# The year of the Roth, fingers crossed!



## SlipperKing (Feb 25, 2018)

*The year of the Roth, UPDATE*

A few plants spiking.....










Sent from my SM-G955U using Tapatalk


----------



## dodidoki (Feb 25, 2018)

Jesus!How many roths!!!


----------



## SlipperKing (Feb 25, 2018)

10 so far. The 10th one isn't high enough to shoot a pic. There might be an 11th one. In 2016 at the Slipper Symposium, Eric might remember, I bid on and won two plants of Frank Smith's. One was roth and the other was a hybrid of roth. The hybrid bloomed out to be straight roth. So the second plant is budding up now and it could be roth, as the tag says or switched tags. 

Sent from my SM-G955U using Tapatalk


----------



## Ozpaph (Feb 25, 2018)

your place will look great in a few weeks.


----------



## My Green Pets (Feb 25, 2018)

Were these from a flask you grew out?


----------



## Rick (Feb 25, 2018)

Makes me giggle just looking at this small forest of roths


----------



## SlipperKing (Feb 25, 2018)

CambriaWhat said:


> Were these from a flask you grew out?


No, not a flask. 7 are from a purchase from John Chant before OZ folded.

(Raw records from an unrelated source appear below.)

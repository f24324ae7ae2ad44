//! Reads of a new volume, and the room that it takes.

ghost use Rattle.std.specs.Prelude.{◌≡◌, ◌<◌, ◌^◌, map, vec_len};
ghost use Rattle.std.specs.List.{All};
ghost use Rattle.fc_grains.specs.Grains.{IsUnarmed, pool_of};
ghost use Rattle.fc_lane.specs.Lane.{IsFollowing, of};
ghost use Rattle.lane_tests.specs.First.{first, the_lane, told_first};

use crate::lanes::{done, is_fault, new_lane};
use fc_base::decision::{LaneEvent, LaneEvents};
use fc_base::disk::DiskKind;
use fc_base::ids::VolId;
use fc_base::request::{ReadPart, Reply};
use fc_base::runs::Run;
use fc_entry::entry::Entry;
use fc_lane::lane::Lane;
use fc_mdisk::fail::FailDisk;
use fc_mdisk::mdisk::Mdisk;
use fc_mdisk::mem::MemDisk;
use std::alloc::Global;
use std::process::Abort;
use std::test::Fail;

/// The event of the first volume.
fn first_volume(rt: &impl Abort, alloc: Global) -> LaneEvents
    ensures { result ≡ first }
{
    let mut events = LaneEvents::new(alloc);
    let event = LaneEvent::Make {
        volume: VolId(0),
        grains: 2,
        kind: DiskKind::Flat,
    };
    events.push(event).expect(rt, "memory");
    events
}

/// A lane with the first volume.
fn lane_over<D: Mdisk>(rt: &impl Abort, alloc: Global, disks: Vec<D>) -> Lane<D>
    requires few { vec_len disks < 2 ^ 30 }
    requires unarmed { All IsUnarmed (map D.meaning disks.items) }
    requires flat { 0 < (pool_of (map D.meaning disks.items)).flat }
    ensures of { of result ≡ the_lane }
    ensures stands { IsFollowing result (told_first (map D.meaning disks.items)) }
{
    let mut lane = new_lane(rt, alloc, disks);
    let events = first_volume(rt, alloc);
    done(rt, &mut lane, &events);
    lane
}

/// Reads two blocks of the second grain of the first volume.
fn read_first<D: Mdisk>(rt: &impl Abort, alloc: Global, disks: Vec<D>) -> Entry
    requires few { vec_len disks < 2 ^ 30 }
    requires unarmed { All IsUnarmed (map D.meaning disks.items) }
    requires flat { 0 < (pool_of (map D.meaning disks.items)).flat }
{
    let mut lane = lane_over(rt, alloc, disks);
    let part = ReadPart {
        volume: VolId(0),
        block: 130,
        count: 2,
    };
    lane.read(alloc, 0, 0, part)
}

/// Whether two blocks of zeros were read.
fn is_zeros(entry: &Entry) -> bool {
    match &entry.reply {
        Reply::Bytes(runs) => {
            let runs = runs.as_slice();
            runs.len() == 1
                && runs[0]
                    == Run {
                        count: 1024,
                        byte: 0,
                    }
        }
        _ => false,
    }
}

#[test]
fn a_new_volume_reads_as_zeros(rt: HostRuntime) -> Result<(), Fail> {
    let alloc = rt.alloc();
    let disks = vec![in alloc; MemDisk::new(alloc)]?;
    let entry = read_first(&rt, alloc, disks);
    assert!(rt; is_zeros(&entry));
    assert_eq!(rt; entry.calls, 1);
    Ok(())
}

#[test]
fn a_failed_read_is_told(rt: HostRuntime) -> Result<(), Fail> {
    let alloc = rt.alloc();
    let disks = vec![in alloc; FailDisk::new(alloc, vec![in alloc; 1]?)]?;
    let entry = read_first(&rt, alloc, disks);
    assert!(rt; is_fault(&entry));
    assert_eq!(rt;
        (entry.calls, entry.faults_before, entry.faults_after),
        (1, 0, 1)
    );
    Ok(())
}

#[test]
fn a_flat_volume_takes_room_for_each_grain(rt: HostRuntime) -> Result<(), Fail> {
    let alloc = rt.alloc();
    let disks = vec![in alloc; MemDisk::new(alloc)]?;
    let lane = lane_over(&rt, alloc, disks);
    assert_eq!(rt; (lane.room(VolId(0)), lane.room(VolId(1))), (2, 0));
    Ok(())
}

One old clone I've had for years, one from Sam, one my friend Jay picked up.

Sent from my SM-G955U using Tapatalk


----------



## AdamD (Feb 25, 2018)

Goodness! Keep us posted


----------



## Justin (Feb 25, 2018)

You have me beat Rick, I only have 2 so far. Looking good there!!!


----------



## Spaph (Feb 25, 2018)

This is going to be spectacular, can't wait for the roth show to come!!


----------



## SlipperKing (Feb 25, 2018)

Houston's show is April 19,20,21, I hope they make for that.

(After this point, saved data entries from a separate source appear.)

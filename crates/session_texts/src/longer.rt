//! A session of twelve lines and their answers, written by hand from the manual.

use std::alloc::{AllocError, Global};

/// A line of the session, and what it is answered.
#[derive(Drop)]
pub struct Answered {
    /// The line with its end.
    pub line: Vec<u8>,
    /// The text of its entries.
    pub text: &'static [u8],
    /// How many entries these are.
    pub entries: usize,
}

/// A line of so many bytes, and its newline.
fn long_line(alloc: Global, bytes: usize) -> Result<Vec<u8>, AllocError> {
    let mut line = vec![in alloc; b'x'; bytes]?;
    line.push(b'\n')?;
    Ok(line)
}

/// Adds a line and its answer.
fn add(
    alloc: Global,
    lines: &mut Vec<Answered>,
    line: &[u8],
    entries: usize,
    text: &'static [u8],
) -> Result<(), AllocError> {
    let line = Vec::from_slice(alloc, line)?;
    lines.push(Answered {
        line,
        text,
        entries,
    })?;
    Ok(())
}

/// Adds the lines up to the long ones: a comment, a volume, accesses of two and three grains, a blank line, and faults.
fn add_first(alloc: Global, lines: &mut Vec<Answered>) -> Result<(), AllocError> {
    add(alloc, lines, b"# a comment\n", 0, b"")?;
    add(
        alloc,
        lines,
        b"mkvdisk -name A -size 1\n",
        1,
        b"0 main mkvdisk -name A -size 1 -> Virtual Disk, id [0], successfully created\n",
    )?;
    add(
        alloc,
        lines,
        b"write A 120 16 A1\n",
        2,
        b"1 main write 0 120 8 a1 -> ok\n2 main write 0 128 8 a1 -> ok\n",
    )?;
    add(alloc, lines, b" \t\r\n", 0, b"")?;
    add(
        alloc,
        lines,
        b"read 0 112 40\n",
        2,
        b"3 main read 0 112 16 -> data 4096*00,4096*a1\n4 main read 0 128 24 -> data 4096*a1,8192*00\n",
    )?;
    add(
        alloc,
        lines,
        b"read A 02047 2\n",
        1,
        b"5 main read A 2047 2 -> refused bad value of blocks\n",
    )?;
    add(
        alloc,
        lines,
        b"svctask read B 0 1\n",
        1,
        b"6 main read B 0 1 -> refused no such vdisk\n",
    )?;
    add(
        alloc,
        lines,
        b"mkvdisk -size 1 -size 2\n",
        1,
        b"7 main - -> refused option repeated at word 4\n",
    )?;
    add(
        alloc,
        lines,
        b"write A 250 140 0f\r\n",
        3,
        b"8 main write 0 250 6 0f -> ok\n9 main write 0 256 128 0f -> ok\n10 main write 0 384 6 0f -> ok\n",
    )
}

/// Adds the lines from the long ones on. The last is ended by the end of the input.
fn add_last(alloc: Global, lines: &mut Vec<Answered>) -> Result<(), AllocError> {
    lines.push(Answered {
        line: long_line(alloc, 4_096)?,
        text: b"11 main - -> refused unknown command\n",
        entries: 1,
    })?;
    lines.push(Answered {
        line: long_line(alloc, 4_097)?,
        text: b"12 main - -> refused long line\n",
        entries: 1,
    })?;
    add(
        alloc,
        lines,
        b"read A 384 7",
        1,
        b"13 main read 0 384 7 -> data 3072*0f,512*00\n",
    )
}

/// The first nine lines of the session, which are short, and their answers.
pub fn first_lines(alloc: Global) -> Result<Vec<Answered>, AllocError> {
    let mut lines = Vec::new(alloc);
    add_first(alloc, &mut lines)?;
    Ok(lines)
}

/// The lines of the session and their answers.
pub fn lines(alloc: Global) -> Result<Vec<Answered>, AllocError> {
    let mut lines = Vec::new(alloc);
    add_first(alloc, &mut lines)?;
    add_last(alloc, &mut lines)?;
    Ok(lines)
}

/// The bytes of the session.
pub fn session(alloc: Global, lines: &[Answered]) -> Result<Vec<u8>, AllocError> {
    let mut bytes = Vec::new(alloc);
    for answered in lines {
        bytes.extend_from_slice(answered.line.as_slice())?;
    }
    Ok(bytes)
}

/// What is answered.
#[derive(Drop)]
pub struct Answers {
    /// The text of the entries.
    pub text: Vec<u8>,
    /// How many entries there are.
    pub entries: usize,
}

/// What is answered to the lines that ended in the first so many bytes of the session: not to the last line, which
/// the end of the input alone ends.
pub fn answers_within(
    alloc: Global,
    lines: &[Answered],
    bytes: usize,
) -> Result<Answers, AllocError> {
    let mut text = Vec::new(alloc);
    let mut entries = 0usize;
    let mut end = 0usize;
    for answered in lines {
        end = end.saturating_add(answered.line.len());
        if end <= bytes && answered.line.ends_with(b"\n") {
            text.extend_from_slice(answered.text)?;
            entries = entries.saturating_add(answered.entries);
        }
    }
    Ok(Answers { text, entries })
}

/// What is answered to all lines.
pub fn all_answers(alloc: Global, lines: &[Answered]) -> Result<Answers, AllocError> {
    let mut text = Vec::new(alloc);
    let mut entries = 0usize;
    for answered in lines {
        text.extend_from_slice(answered.text)?;
        entries = entries.saturating_add(answered.entries);
    }
    Ok(Answers { text, entries })
}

Sent from my SM-G955U using Tapatalk


----------



## eaborne (Feb 26, 2018)

Oh yeah!


----------



## Justin (Feb 26, 2018)

That timing is pretty good. 

I now confirmed 3 in bud


----------



## JeanLux (Feb 28, 2018)

:clap: :drool::drool::clap: !!!! Jean


----------



## gego (Feb 28, 2018)

Very exciting!!!!

Sent from my SM-G955U using Tapatalk


----------



## Justin (Mar 10, 2018)

Rick I have 5 in bud now! I think you will still beat me with 10!


----------



## Secundino (Mar 10, 2018)

Fingers crossed. 

(I want one so badly, and now with the new import laws, there is no way how.)


----------



## emydura (Mar 10, 2018)

Looking good Rick. Look forward to seeing these in flower. 




Secundino said:


> Fingers crossed.
> 
> (I want one so badly, and now with the new import laws, there is no way how.)

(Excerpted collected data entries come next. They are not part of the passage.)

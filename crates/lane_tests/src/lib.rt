//! A lane over disks in memory: its code runs, its entries are those that the rules say, and its volumes take
//! the room that their writes reach.
#![tactic(auto)]

#[cfg(test)]
mod lanes;
#[cfg(test)]
mod room;
#[cfg(test)]
mod tests;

What import laws are these Secun? New Spanish laws?


----------



## SlipperKing (Mar 10, 2018)

I'm up to 12 now Justin. Thanks David

Sent from my SM-G955U using Tapatalk


----------



## SlipperKing (Mar 13, 2018)

A baker's dozen, 13 but the flower count is disappointing. Three at the most so far for 1/2. The half only 2.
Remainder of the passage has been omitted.